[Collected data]

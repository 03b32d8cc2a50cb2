//! A store of sealed values, as the documents show it.
use crate::tests::equal;
use std::alloc::Global;
use std::process::Abort;
use yaml_caller::{Entry, OpenError, SealError, open, seal};
use yaml_read::{Keys, Position, ReadError, Value};

/// Returns the entry of an integer.
fn sealed_integer(alloc: Global, number: i64) -> Result<Entry<Global>, SealError> {
    seal(alloc, &Value::Int(number), Keys::Unique)
}

/// Returns the integer of an entry; `None` if it holds another value.
fn opened_integer(alloc: Global, entry: &Entry<Global>) -> Result<Option<i64>, OpenError> {
    match &open(alloc, entry, Keys::Unique)? {
        Value::Int(number) => Ok(Some(*number)),
        _ => Ok(None),
    }
}

/// The SHA-256 of `---`, `!!int "7"`, a line each, by `sha256sum`.
const DIGEST_OF_7: [u8; 32] = [
    0x05, 0xde, 0x8d, 0x50, 0x14, 0x68, 0x5c, 0x87, 0xe9, 0xf5, 0x7c, 0xdb, 0x26, 0xb2, 0x20, 0x0e,
    0x0b, 0x27, 0x01, 0x7e, 0x62, 0xcc, 0x4d, 0xac, 0xe3, 0x49, 0x87, 0xf4, 0x9f, 0x80, 0x94, 0x4d,
];

/// The SHA-256 of `---`, `!!int "07"`, a line each, by `sha256sum`.
const DIGEST_OF_07: [u8; 32] = [
    0xe7, 0x56, 0xbb, 0xf8, 0xa5, 0x0e, 0xc5, 0x4a, 0xd6, 0xb7, 0x6d, 0x05, 0x4f, 0xc6, 0x81, 0xa7,
    0xad, 0x02, 0x7f, 0xee, 0x7e, 0x0e, 0x2a, 0x66, 0xad, 0x3a, 0xad, 0x9a, 0xda, 0x8a, 0xe9, 0xdc,
];

#[test]
fn what_was_sealed_is_opened(rt: HostRuntime) {
    let entry = sealed_integer(rt.alloc(), 7).expect(&rt, "no memory");
    let bytes: &[u8] = b"---\n!!int \"7\"\n";
    equal(&rt, &entry.bytes.as_slice(), &bytes);
    equal(&rt, &entry.digest, &DIGEST_OF_7);
    equal(&rt, &opened_integer(rt.alloc(), &entry), &Ok(Some(7)));
}

/// Checks that an entry of these bytes isn't opened.
fn check_refused(
    rt: &impl Abort,
    alloc: Global,
    bytes: &[u8],
    digest: [u8; 32],
    wanted: OpenError,
) {
    let bytes = Vec::from_slice(alloc, bytes).expect(rt, "no memory");
    let opened = opened_integer(alloc, &Entry { bytes, digest });
    equal(rt, &opened, &Err(wanted));
}

/// Bytes, and the digest of others.
const CHANGED: &[(&[u8], [u8; 32])] = &[
    (b"---\n!!int \"7\"\n", DIGEST_OF_07),
    (b"---\n!!int \"8\"\n", DIGEST_OF_7),
];

#[test]
fn what_was_changed_is_refused(rt: HostRuntime) {
    for (bytes, digest) in CHANGED {
        check_refused(&rt, rt.alloc(), bytes, *digest, OpenError::DigestDiffers);
    }
}

#[test]
fn what_isnt_canonical_is_refused_under_its_digest(rt: HostRuntime) {
    let wanted = OpenError::NotRead(ReadError::NotCanonical {
        position: Position { line: 2, column: 7 },
    });
    let bytes = b"---\n!!int \"07\"\n";
    check_refused(&rt, rt.alloc(), bytes, DIGEST_OF_07, wanted);
}

/// A map that has the key 7 twice. The second begins at line 5, column 5.
const REPEATING: &[u8] =
    b"---\n!!map {\n  ? !!int \"7\"\n  : !!int \"1\",\n  ? !!int \"7\"\n  : !!int \"2\",\n}\n";

/// Its SHA-256, by `sha256sum`.
const DIGEST_OF_REPEATING: [u8; 32] = [
    0x06, 0xbc, 0x8e, 0x98, 0xe6, 0x26, 0xc3, 0xdb, 0xd6, 0x8b, 0x24, 0x7b, 0x63, 0xa1, 0x09, 0xea,
    0x6f, 0x69, 0xe0, 0xfc, 0x78, 0xed, 0xd1, 0x42, 0x97, 0x9c, 0xfe, 0x73, 0xcd, 0x11, 0xae, 0x91,
];

/// Returns this map.
fn repeating(rt: &impl Abort, alloc: Global) -> Value<Global> {
    let first = (Value::Int(7), Value::Int(1));
    let second = (Value::Int(7), Value::Int(2));
    Value::Map(vec![in alloc; first, second].expect(rt, "no memory"))
}

#[test]
fn a_map_with_a_key_twice_is_sealed_if_keys_may_repeat(rt: HostRuntime) {
    let value = repeating(&rt, rt.alloc());
    let refused = seal(rt.alloc(), &value, Keys::Unique).err();
    equal(&rt, &refused, &Some(SealError::DuplicateKey));
    let entry = seal(rt.alloc(), &value, Keys::MayRepeat).expect(&rt, "not sealed");
    equal(&rt, &entry.bytes.as_slice(), &REPEATING);
    equal(&rt, &entry.digest, &DIGEST_OF_REPEATING);
    drop(value);
}

#[test]
fn a_map_with_a_key_twice_is_opened_if_keys_may_repeat(rt: HostRuntime) {
    let bytes = Vec::from_slice(rt.alloc(), REPEATING).expect(&rt, "no memory");
    let digest = DIGEST_OF_REPEATING;
    let entry = Entry { bytes, digest };
    let reason = ReadError::DuplicateKey {
        position: Position { line: 5, column: 5 },
    };
    let refused = open(rt.alloc(), &entry, Keys::Unique).err();
    equal(&rt, &refused, &Some(OpenError::NotRead(reason)));
    let opened = open(rt.alloc(), &entry, Keys::MayRepeat).err();
    equal(&rt, &opened, &None);
}
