//! TOML, read in order.
use crate::tests::equal;
use std::alloc::Global;
use toml_ordered::{Fault, read_document};

/// Returns whether the first key that a document defines is this one.
fn begins_with(alloc: Global, text: &str, key: &str) -> Result<bool, Fault> {
    let root = read_document(alloc, text)?;
    match root.live_keys().split_first() {
        Some((name, _, _)) => Ok(name.as_str() == key),
        None => Ok(false),
    }
}

#[test]
fn the_first_key(rt: HostRuntime) {
    let text = "name = \"x\"\n[a]\nb = 1\n";
    equal(
        &rt,
        &begins_with(rt.alloc(), text, "name").ok(),
        &Some(true),
    );
    equal(&rt, &begins_with(rt.alloc(), text, "a").ok(), &Some(false));
}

EXERCISE OBJECTIVE: Your response should hold the lines from the first line of the entries above through the line with "holds another value.", each retyped exactly, and nothing else.

RESPONSE TO THIS EXERCISE:
repository 03b32d8cc2a50cb2
//! A store of sealed values, as the documents show it.
use crate::tests::equal;
use std::alloc::Global;
use std::process::Abort;
use yaml_caller::{Entry, OpenError, SealError, open, seal};
use yaml_read::{Keys, Position, ReadError, Value};

/// Returns the entry of an integer.
fn sealed_integer(alloc: Global, number: i64) -> Result<Entry<Global>, SealError> {
    seal(alloc, &Value::Int(number), Keys::Unique)
}

/// Returns the integer of an entry; `None` if it holds another value.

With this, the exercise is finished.